*** Supplied data Section Begins ***

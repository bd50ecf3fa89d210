//! Parameters of RSASSA-PSS behind their object identifier, where those that aren't carried are told apart from those that are
//! malformed.

ghost use Rattle.std.specs.Prelude.{◌≡◌, ◌↔◌};
ghost use Rattle.x509_der.specs.Reading.{Ready, Reads, Passes, MayGoBack, thrifty};
ghost use Rattle.x509_der.specs.Types.read_error.{OutOfMemory};
ghost use Rattle.x509_keys_parts.specs.RsassaPss.{rsassa_pss};

use crate::rsassa_pss::RsassaPssParams;
use std::alloc::Allocator;
use x509_der::ReadError;
use x509_der::parts::{Field, Reader, SEQUENCE_TAG, Spot, first_element};

/// The tag of the hash function, the first of the fields.
const HASH_ALGORITHM: u8 = 0xA0;

/// The tag of the trailer field, the last of the fields, which isn't carried.
const TRAILER_FIELD: u8 = 0xA3;

/// Whether a content leaves one of the three fields that are carried out, or has the trailer field behind them.
fn is_other_content(content: &[u8]) -> bool {
    let mut rest = content;
    for tag in HASH_ALGORITHM..TRAILER_FIELD {
        match first_element(rest) {
            Some(field) if field.tag == tag => rest = rest.get(field.end..).unwrap_or(&[]),
            Some(field) => return field.tag > tag && field.tag <= TRAILER_FIELD,
            None => return rest.is_empty(),
        }
    }
    first_element(rest).is_some_and(|field| field.tag == TRAILER_FIELD)
}

/// Whether parameters are absent, or are in a form of RFC 4055, 3.1, that isn't carried: there each field may be left out for
/// its default. This tells the name of a refusal alone.
fn is_other_form(bytes: &[u8]) -> bool {
    match first_element(bytes) {
        None => bytes.is_empty(),
        Some(params) if params.tag == SEQUENCE_TAG => {
            is_other_content(bytes.get(params.start..params.end).unwrap_or(&[]))
        }
        Some(_) => false,
    }
}

/// The name of a refusal: of parameters in another form `Unsupported`, where the parameters begin.
fn named<A: Allocator>(
    is_other: bool,
    error: ReadError,
    reader: &mut Reader<'_, A>,
    start: Spot,
) -> ReadError
    ensures back { MayGoBack reader.old reader.new start }
    ensures memory { (result ≡ OutOfMemory) ↔ (error ≡ OutOfMemory) }
{
    if !is_other || error == ReadError::OutOfMemory {
        return error;
    }
    reader.go_back(start);
    ReadError::Unsupported
}

/// Reads parameters of RSASSA-PSS behind their object identifier.
///
/// # Errors
/// As the parameters; `Unsupported` where they are absent or leave a field out.
pub(crate) fn read_pss<A: Allocator + Copy>(
    alloc: A,
    reader: &mut Reader<'_, A>,
) -> Result<RsassaPssParams<A>, ReadError>
    requires { Ready reader.old }
    ensures { Reads rsassa_pss reader.old reader.new result }
{
    let start = reader.spot();
    let is_other = is_other_form(reader.rest());
    match RsassaPssParams::read(alloc, reader) {
        Ok(parameters) => Ok(parameters),
        Err(error) => Err(named(is_other, error, reader, start)),
    }
}

/// Goes past parameters of RSASSA-PSS behind their object identifier.
///
/// # Errors
/// As `read_pss`.
pub(crate) fn pass_pss<A: Allocator + Copy>(
    alloc: A,
    reader: &mut Reader<'_, A>,
) -> Result<(), ReadError>
    requires { Ready reader.old }
    ensures { Passes (thrifty (rsassa_pss {A = A})) (λ v. tt) reader.old reader.new result }
{
    let start = reader.spot();
    let is_other = is_other_form(reader.rest());
    match RsassaPssParams::<A>::pass(alloc, reader) {
        Ok(()) => Ok(()),
        Err(error) => Err(named(is_other, error, reader, start)),
    }
}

*** Supplied data Section Ends ***

● Problem statement
Every entry should be printed again exactly as it stands.

● Response to the exercise
repository bd50ecf3fa89d210
//! Parameters of RSASSA-PSS behind their object identifier, where those that aren't carried are told apart from those that are
//! malformed.

ghost use Rattle.std.specs.Prelude.{◌≡◌, ◌↔◌};
ghost use Rattle.x509_der.specs.Reading.{Ready, Reads, Passes, MayGoBack, thrifty};
ghost use Rattle.x509_der.specs.Types.read_error.{OutOfMemory};
ghost use Rattle.x509_keys_parts.specs.RsassaPss.{rsassa_pss};

use crate::rsassa_pss::RsassaPssParams;
use std::alloc::Allocator;
use x509_der::ReadError;
use x509_der::parts::{Field, Reader, SEQUENCE_TAG, Spot, first_element};

/// The tag of the hash function, the first of the fields.
const HASH_ALGORITHM: u8 = 0xA0;

/// The tag of the trailer field, the last of the fields, which isn't carried.
const TRAILER_FIELD: u8 = 0xA3;

/// Whether a content leaves one of the three fields that are carried out, or has the trailer field behind them.
fn is_other_content(content: &[u8]) -> bool {
    let mut rest = content;
    for tag in HASH_ALGORITHM..TRAILER_FIELD {
        match first_element(rest) {
            Some(field) if field.tag == tag => rest = rest.get(field.end..).unwrap_or(&[]),
            Some(field) => return field.tag > tag && field.tag <= TRAILER_FIELD,
            None => return rest.is_empty(),
        }
    }
    first_element(rest).is_some_and(|field| field.tag == TRAILER_FIELD)
}

/// Whether parameters are absent, or are in a form of RFC 4055, 3.1, that isn't carried: there each field may be left out for
/// its default. This tells the name of a refusal alone.
fn is_other_form(bytes: &[u8]) -> bool {
    match first_element(bytes) {
        None => bytes.is_empty(),
        Some(params) if params.tag == SEQUENCE_TAG => {
            is_other_content(bytes.get(params.start..params.end).unwrap_or(&[]))
        }
        Some(_) => false,
    }
}

/// The name of a refusal: of parameters in another form `Unsupported`, where the parameters begin.
fn named<A: Allocator>(
    is_other: bool,
    error: ReadError,
    reader: &mut Reader<'_, A>,
    start: Spot,
) -> ReadError
    ensures back { MayGoBack reader.old reader.new start }
    ensures memory { (result ≡ OutOfMemory) ↔ (error ≡ OutOfMemory) }
{
    if !is_other || error == ReadError::OutOfMemory {
        return error;
    }
    reader.go_back(start);
    ReadError::Unsupported
}

/// Reads parameters of RSASSA-PSS behind their object identifier.
///
/// # Errors
/// As the parameters; `Unsupported` where they are absent or leave a field out.
pub(crate) fn read_pss<A: Allocator + Copy>(
    alloc: A,
    reader: &mut Reader<'_, A>,
) -> Result<RsassaPssParams<A>, ReadError>
    requires { Ready reader.old }
    ensures { Reads rsassa_pss reader.old reader.new result }
{
    let start = reader.spot();
    let is_other = is_other_form(reader.rest());
    match RsassaPssParams::read(alloc, reader) {
        Ok(parameters) => Ok(parameters),
        Err(error) => Err(named(is_other, error, reader, start)),
    }
}

/// Goes past parameters of RSASSA-PSS behind their object identifier.
///
/// # Errors
/// As `read_pss`.
pub(crate) fn pass_pss<A: Allocator + Copy>(
    alloc: A,
    reader: &mut Reader<'_, A>,
) -> Result<(), ReadError>
    requires { Ready reader.old }
    ensures { Passes (thrifty (rsassa_pss {A = A})) (λ v. tt) reader.old reader.new result }
{
    let start = reader.spot();
    let is_other = is_other_form(reader.rest());
    match RsassaPssParams::<A>::pass(alloc, reader) {
        Ok(()) => Ok(()),
        Err(error) => Err(named(is_other, error, reader, start)),
    }
}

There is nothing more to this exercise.